Она кивает. И через плечо оглядывается на коридор. Дверь она оставила приоткрытой. Но закрывать ее уже слишком поздно.

– Студенты выражают… недовольство.

– Недовольство?

– Они кое с чем не согласны.

Острая боль пронзает мое бедро, позвоночник и кости таза.

– Так они недовольны или не согласны, Элли?

Она снова воровато оглядывается, потом поворачивается ко мне и шепчет:

– Мне кажется, они собираются написать жалобу.

Тело горит. Позвоночник ходит ходуном. Бедра вспухли. Ноги требуют немедленно вскочить, хотя стоять у меня получается не лучше, чем сидеть.

– Жалобу?

Она кивает.

– На что же?

Разумеется, я знаю, на что. И отлично понимаю, кто выступил зачинщиком. Могу себе представить, как она подговаривает остальных, в праведном гневе встряхивая пышными блестящими волосами. Эшли/Мишель, надо думать, горячо ее поддерживает. Как и Фов, которая, без сомнения, успела пошептаться с ней после репетиции. «Дорогая моя, просто хочу, чтобы ты знала, что я сразу заметила, какая Миранда упертая. И считаю, что ты абсолютно права. В конце концов, это твой театр. Если потребуется поддержка, просто дай знать». Тревор, ее правая рука, тупо кивает, как Первый убийца в «Макбете». А потом они всей компанией отправляются в кабинет декана.

Или не так.

Может быть, приехав на выходные домой, Бриана нажаловалась на меня своим родителям-толстосумам. Воображаю окутанную золотистым светом столовую. Бриану с сияющими в свете люстры волосами, сидящую на золотом троне с подлокотниками в виде когтистых лап.

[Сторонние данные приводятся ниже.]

/// Many steps of one run under one lock: program 1, on a key that is there, exits at its 12th step. Of 20 entries the update
/// takes one, and this run 14. Another run takes two, its start and its one move. A later run takes the last three: its start
/// and two moves.
const STRETCHED: Scene = Scene {
    limit: Some(20),
    rows: &[
        (
            1,
            Ask::Act("put 0 00000000 0900000000000000 0"),
            "Ok(Ret(Ok(())))",
        ),
        (1, Ask::Act("start 1 -"), "Ok(Started(RunId { number: 0 }))"),
        (1, Ask::Run(0, 0), "Walk { moved: 0, end: Ok(Enough) }"),
        (1, Ask::Run(0, 4), "Walk { moved: 4, end: Ok(Enough) }"),
        (1, Ask::Act("start 0 -"), "Ok(Started(RunId { number: 1 }))"),
        (1, Ask::Run(1, 2), "Walk { moved: 1, end: Ok(Exits) }"),
        (1, Ask::Run(0, 100), "Walk { moved: 7, end: Ok(Exits) }"),
        (1, Ask::Act("step 0"), "Ok(Exited(9))"),
        (1, Ask::Run(0, 5), "Walk { moved: 0, end: Ok(Refused) }"),
        (1, Ask::Act("drop 0"), "Ok(Done)"),
        (1, Ask::Act("start 1 -"), "Ok(Started(RunId { number: 0 }))"),
        (
            1,
            Ask::Run(0, 100),
            "Walk { moved: 2, end: Err(JournalFull) }",
        ),
        (1, Ask::Made, "20"),
    ],
    left: "0 before, 20 of 20, Stat { linked: 0, unlinked: 0, given: 0, worn: 0, runs: 0, open: 0 }, Stat { linked: 1, unlinked: 0, given: 0, worn: 0, runs: 2, open: 1 }",
    entries: &[
        "Some(Entry { worker: 0, event: Update { map: MapId { number: 0 }, key: [0, 0, 0, 0], value: [9, 0, 0, 0, 0, 0, 0, 0], flags: 0 }, answer: Ret(Ok(())) })",
        STARTED_LOOKUP,
        MOVED,
        MOVED,
        MOVED,
        MOVED,
        "Some(Entry { worker: 0, event: Start { prog: ProgId { number: 0 }, ctx: [] }, answer: Started(RunId { number: 1 }) })",
        "Some(Entry { worker: 0, event: Step { run: RunId { number: 1 } }, answer: Moved })",
        MOVED,
        MOVED,
        MOVED,
        MOVED,
        MOVED,
        MOVED,
        MOVED,
        "Some(Entry { worker: 0, event: Step { run: RunId { number: 0 } }, answer: Exited(9) })",
        DROPPED,
        STARTED_LOOKUP,
        MOVED,
        MOVED,
        "None",
    ],
};

/// A run reads an element that is deleted meanwhile and reclaimed after its section: 12 steps, one element unlinked and
/// reclaimed.
const COUNTED: Scene = Scene {
    limit: None,
    rows: &[
        (
            1,
            Ask::Totals,
            "Totals { steps: 0, unlinked: 0, reclaimed: 0 }",
        ),
        (
            1,
            Ask::Act("put 0 00000000 0500000000000000 0"),
            "Ok(Ret(Ok(())))",
        ),
        (1, Ask::Act("start 1 -"), "Ok(Started(RunId { number: 0 }))"),
        (7, Ask::Act("step 0"), "Ok(Moved)"),
        (1, Ask::Act("del 0 00000000"), "Ok(Ret(Ok(())))"),
        (1, Ask::Act("advance"), "Ok(Done)"),
        (1, Ask::Act("reap"), "Ok(Reaped(None))"),
        (3, Ask::Act("step 0"), "Ok(Moved)"),
        (1, Ask::Act("advance"), "Ok(Done)"),
        (
            1,
            Ask::Note("reap"),
            "Reap: Ok(Reaped(Some(ReapedElement { map: MapId { number: 0 }, key: [0, 0, 0, 0], given: Free }))), made 17, worker 0",
        ),
        (1, Ask::Act("step 0"), "Ok(Moved)"),
        (1, Ask::Act("step 0"), "Ok(Exited(5))"),
        (1, Ask::Made, "19"),
        (
            1,
            Ask::Totals,
            "Totals { steps: 12, unlinked: 1, reclaimed: 1 }",
        ),
    ],
    left: "0 before, 19 of 16777216, Stat { linked: 0, unlinked: 0, given: 0, worn: 0, runs: 0, open: 0 }, Stat { linked: 0, unlinked: 0, given: 1, worn: 0, runs: 1, open: 0 }",
    entries: &[
        "Some(Entry { worker: 0, event: Update { map: MapId { number: 0 }, key: [0, 0, 0, 0], value: [5, 0, 0, 0, 0, 0, 0, 0], flags: 0 }, answer: Ret(Ok(())) })",
        STARTED_LOOKUP,
    ],
};

/// A program is added where no run slot is occupied, bound to the third map, where the key 0 has another value than in the first.
/// The journal begins anew at the world that has it.
const LOADED: Scene = Scene {
    limit: None,
    rows: &[
        (
            1,
            Ask::Act("put 0 00000000 0500000000000000 0"),
            "Ok(Ret(Ok(())))",
        ),
        (
            1,
            Ask::Act("put 2 00000000 0900000000000000 0"),
            "Ok(Ret(Ok(())))",
        ),
        (1, Ask::Act("start 6 -"), "Ok(Refused(NoProgram))"),
        (1, Ask::Act("start 0 -"), "Ok(Started(RunId { number: 0 }))"),
        (1, Ask::Load, "Err(NotQuiet)"),
        (1, Ask::Act("step 0"), "Ok(Moved)"),
        (1, Ask::Act("step 0"), "Ok(Exited(1))"),
        (1, Ask::Act("drop 0"), "Ok(Done)"),
        (1, Ask::Program(6), "false"),
        (1, Ask::Load, "Ok(ProgId { number: 6 })"),
        (1, Ask::Program(6), "true"),
        (1, Ask::Act("start 6 -"), "Ok(Started(RunId { number: 0 }))"),
        (11, Ask::Act("step 0"), "Ok(Moved)"),
        (1, Ask::Act("step 0"), "Ok(Exited(9))"),
        (1, Ask::ExitNote(0, 6), "Some(9), made 20, worker 0"),
    ],
    left: "7 before, 13 of 16777216, Stat { linked: 2, unlinked: 0, given: 0, worn: 0, runs: 0, open: 0 }, Stat { linked: 2, unlinked: 0, given: 0, worn: 0, runs: 1, open: 0 }",
    entries: &[
        "Some(Entry { worker: 0, event: Start { prog: ProgId { number: 6 }, ctx: [] }, answer: Started(RunId { number: 0 }) })",
        MOVED,
    ],
};

/// What a worker is told.
fn answer_to<L: Ledger, R: Wait + Abort>(
    rt: &R,
    alloc: Global,
    shared: &mut Shared<L>,
    worker: &mut Worker<L>,
    counters: &mut Counters,
    ask: &Ask,
) -> Result<String, Fail> {
    let ctx = CtxBytes::new();
    let text = match *ask {
        Ask::Act(line) => {
            let event = event(rt, alloc, line)?;
            format!(in alloc; "{:?}", shared.act(rt, worker, event))
        }
        Ask::Note(line) => {
            let event = event(rt, alloc, line)?;
            let receipt = shared.act_noted(rt, worker, event);
            let (reply, made) = (receipt.reply(), receipt.made());
            format!(in alloc;
                "{:?}: {reply:?}, made {made}, worker {}",
                receipt.event(),
                receipt.worker()
            )
        }
        Ask::Exit(run, prog) => {
            let exit = shared.exit_of(rt, worker, RunId::new(run), ProgId::new(prog), &ctx);
            format!(in alloc; "{exit:?}")
        }
        Ask::ExitNote(run, prog) => {
            let held = shared.hold(rt);
            let note = held.exit_noted(worker, RunId::new(run), ProgId::new(prog), &ctx);
            format!(in alloc;
                "{:?}, made {}, worker {}",
                note.exit(),
                note.made(),
                note.worker()
            )
        }
        Ask::Run(run, most) => {
            format!(in alloc; "{:?}", shared.run_for(rt, worker, RunId::new(run), most))
        }
        Ask::Program(prog) => {
            format!(in alloc; "{}", shared.program(ProgId::new(prog)).is_some())
        }
        Ask::Cut => format!(in alloc; "{:?}", shared.cut(rt, alloc)),
        Ask::Load => {
            let loaded = one_more(alloc)?;
            format!(in alloc; "{:?}", shared.load(rt, alloc, loaded))
        }
        Ask::Totals => format!(in alloc; "{:?}", counters.read(rt)),
        Ask::Made => format!(in alloc; "{}", worker.made()),
    };
    Ok(text?)
}

/// Asks a question so often, and is told the same each time.
fn ask_often<L: Ledger, R: Wait + Abort>(
    rt: &R,
    alloc: Global,
    shared: &mut Shared<L>,
    worker: &mut Worker<L>,
    counters: &mut Counters,
    row: &Row,
) -> Result<(), Fail> {
    let (times, ask, wanted) = row;
    for _ in 0..*times {
        let text = answer_to(rt, alloc, shared, worker, counters, ask)?;
        assert_eq!(rt; text.as_str(), *wanted);
    }
    Ok(())
}

/// Asks all questions of a scene, and ends the sharing.
fn play<L: Ledger + Send + Sync, R: Wait + Abort>(
    rt: &R,
    alloc: Global,
    blank: Blank,
    scene: &Scene,
) -> Result<Finished, Fail>
    requires name { blank.name ≡ L.name }
    requires parts { (blank.parts ≡ L.parts) × (blank.parts ≡ 1) }
{
    let world = scenery(alloc)?;
    let (mut shared, mut workers, mut counters) = shared_of::<L, R>(
        rt,
        alloc,
        world,
        blank,
        1,
        scene.limit,
    )?;
    for row in scene.rows {
        if let [worker] = workers.as_mut_slice() {
            ask_often(rt, alloc, &mut shared, worker, &mut counters, row)?;
        }
    }
    assert_eq!(rt; workers.count(), 1);
    Ok(shared.finish(workers))
}

/// A scene ends as it says.
fn ends_so<R: Abort>(
    rt: &R,
    alloc: Global,
    scene: &Scene,
    finished: &Finished,
) -> Result<(), AllocError> {
    let (base, world) = (finished.base.stat(), finished.world.stat());
    let (before, journal) = (finished.before, &finished.journal);
    let left = format!(in alloc;
        "{before} before, {} of {}, {base:?}, {world:?}",
        journal.len(),
        journal.limit()
    )?;
    assert_eq!(rt; left.as_str(), scene.left);
    are_entries(rt, alloc, journal, scene.entries)
}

Лениво ковыряя отварного лосося и тушеную спаржу, лежащие перед ней на тарелочке, она вздыхает: «Миранда заставляет меня играть несчастную бестолковую девственницу!» Родители сочувственно кивают, прихлебывая янтарное вино из хрустальных бокалов. Потом мать, зажав изящную ножку в наманикюренных пальчиках, звонит своему давнему другу – вице-президенту колледжа. И жалуется на безумную преподавательницу, упорно желающую ставить пьесу, о которой они с дочерью даже не слышали. «Все хорошо, что хорошо кончается?» Это вообще Шекспир написал? Неужели ничего нельзя сделать? Конечно же, можно.

– Некоторые студенты, – продолжает Элли, снова быстро оглянувшись через плечо, – очень расстроены тем, что в этом году мы собираемся ставить эту пьесу. И решили на вас пожаловаться. Официально. Я подслушала.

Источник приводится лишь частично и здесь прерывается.